Yesterday I published a study that reviews EPA’s performance for more than 1,000 Clean Air Act deadlines. Here’s the big takeaway: the agency missed 84 percent of its date-certain duties by an average of 4.3 years.
In fact, the study is an update and expansion of a 2013 study. In the study three years ago, I reviewed EPA’s performance meeting more than 300 deadlines under three core Clean Air Act programs (National Ambient Air Quality Standards, National Emissions Standards for Hazardous Air Pollutants, and New Source Performance Standards). For the present study, I updated EPA’s performance meeting these programs; in addition, I added a review of EPA’s timeliness in reviewing State Implementation Plans.
Of course, it is possible that EPA simply doesn’t have enough resources to meet its congressionally-directed responsibilities. I investigate this possibility in the study by reviewing EPA’s priorities as set forth in the budgeting process. The evidence demonstrates that the EPA never has given priority to timely performance of its date-certain duties. Instead, the EPA’s budgets over the last 15 years have placed increasing importance on fighting climate change, which is largely a discretionary choice.
EPA’s terrible performance is important for a number of reasons. First and foremost, by ignoring its mandatory responsibilities under the Clean Air Act, the agency frees up resources to pursue discretionary regulations—namely, climate rules. That is, the agency is free lancing. This raises serious questions whether the EPA is faithfully executing the Clean Air Act, as is required by the Constitution.
The EPA’s dereliction of duty also leads to bad policy. For starters, it is the sine qua non of “sue and settle.” The Clean Air Act empowers environmental litigation groups to sue the agency to compel performance of non-discretionary duties like deadlines. Because the agency is missing virtually all of its deadlines, winning these suits is like shooting fish in a barrel. The unfortunate consequence is that environmental special interests dictate which duties should take precedence over others, which affords these groups the power to set the agency’s agenda. Needless to say, unelected ideologues should not have such an outsized say in how the EPA spends its limited resources.

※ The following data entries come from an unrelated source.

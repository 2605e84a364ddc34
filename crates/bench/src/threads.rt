//! Makes calls by threads that share a driver, one, two, four and sixteen with a token each, and by one driver that nobody shares.
//! Draws are made from one texture to surfaces of the threads' own, once the turns are over. Uploads go to textures of their own.
//! Clears and colours are then made by the threads' own parts, where they take no turn.

mod alone;
mod sorts;
mod together;

use crate::extents::Extent;
use anyhow::Result;
use sorts::{SORTS, Sort, Way};
use std::rt::Clock;
use std::sync::Wait;
use std::thread::Threads;
use std::time::Duration;
pub use together::closed;

/// How many threads share a driver; 0 is a driver that nobody shares.
const TOKENS: [u16; 5] = [0, 1, 2, 4, 16];

/// And how many where their own parts answer.
const APART: [u16; 3] = [1, 2, 4];

/// How many calls are timed where their own parts answer.
const TIMED_APART: u32 = 1_600_000;

// How long the fastest of so many runs takes, of so many calls by each thread.
fn fastest<R: Clock + AllocGlobal + Threads + Wait + Sync>(
    rt: &R,
    sort: &Sort,
    way: Way,
    threads: u16,
    count: u32,
    runs: u32,
) -> Result<Duration> {
    let mut least = Duration::MAX;
    'runs: for _ in 0..runs {
        let took = if threads == 0 {
            alone::run(rt, sort, count)
        } else {
            together::run(rt, threads, sort, way, count)
        };
        least = least.min(took?);
    }
    Ok(least)
}

fn report<R: Clock + Print + AllocGlobal + Threads + Wait + Sync>(
    rt: &R,
    extent: Extent,
    sort: &Sort,
    way: Way,
    threads: u16,
) -> Result<()> {
    let (by, calls) = match way {
        Way::Turn => ("", sort.timed),
        Way::Part => (" by their own parts", TIMED_APART),
    };
    let name = sort.name;
    if extent == Extent::Little {
        fastest(rt, sort, way, threads, 100, 1)?;
        println!(rt; "{name}, {threads} tokens{by}: done")?;
        return Ok(());
    }
    let count = calls / u32::from(threads.max(1));
    let nanoseconds = fastest(rt, sort, way, threads, count, 3)?.as_nanos();
    let a_second = u128::from(calls) * 1_000_000_000 / nanoseconds.max(1);
    println!(rt; "{name}, {threads} tokens{by}: {a_second} calls a second")?;
    Ok(())
}

/// Makes 100 calls by each thread, and prints what was done. Or makes 100,000 in all, 16,000 of 256 by 256 pixels, or 1,600,000
/// by their own parts, and prints how many a second in the fastest of three runs.
pub fn run<R: Clock + Print + AllocGlobal + Threads + Wait + Sync>(
    rt: &R,
    extent: Extent,
) -> Result<()> {
    'sorts: for sort in &SORTS {
        'threads: for threads in TOKENS {
            report(rt, extent, sort, Way::Turn, threads)?;
        }
    }
    'own: for sort in &SORTS {
        if sort.is_local {
            'apart: for threads in APART {
                report(rt, extent, sort, Way::Part, threads)?;
            }
        }
    }
    Ok(())
}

Finally, the agency’s woeful deadline performance in reviewing State Implementation Plans puts the states in a bind. In order to guide states in their compliance with the Clean Air Act, the EPA periodically publishes memorandums that tell states what EPA is looking for when the agency reviews the state plans. Naturally, these memorandums change when political control of the EPA shifts from one president to the next. EPA is so late in reviewing state plans—up to ten years late—that the review period will encompass more than one guidance memo. The upshot is that states are faced with moving targets.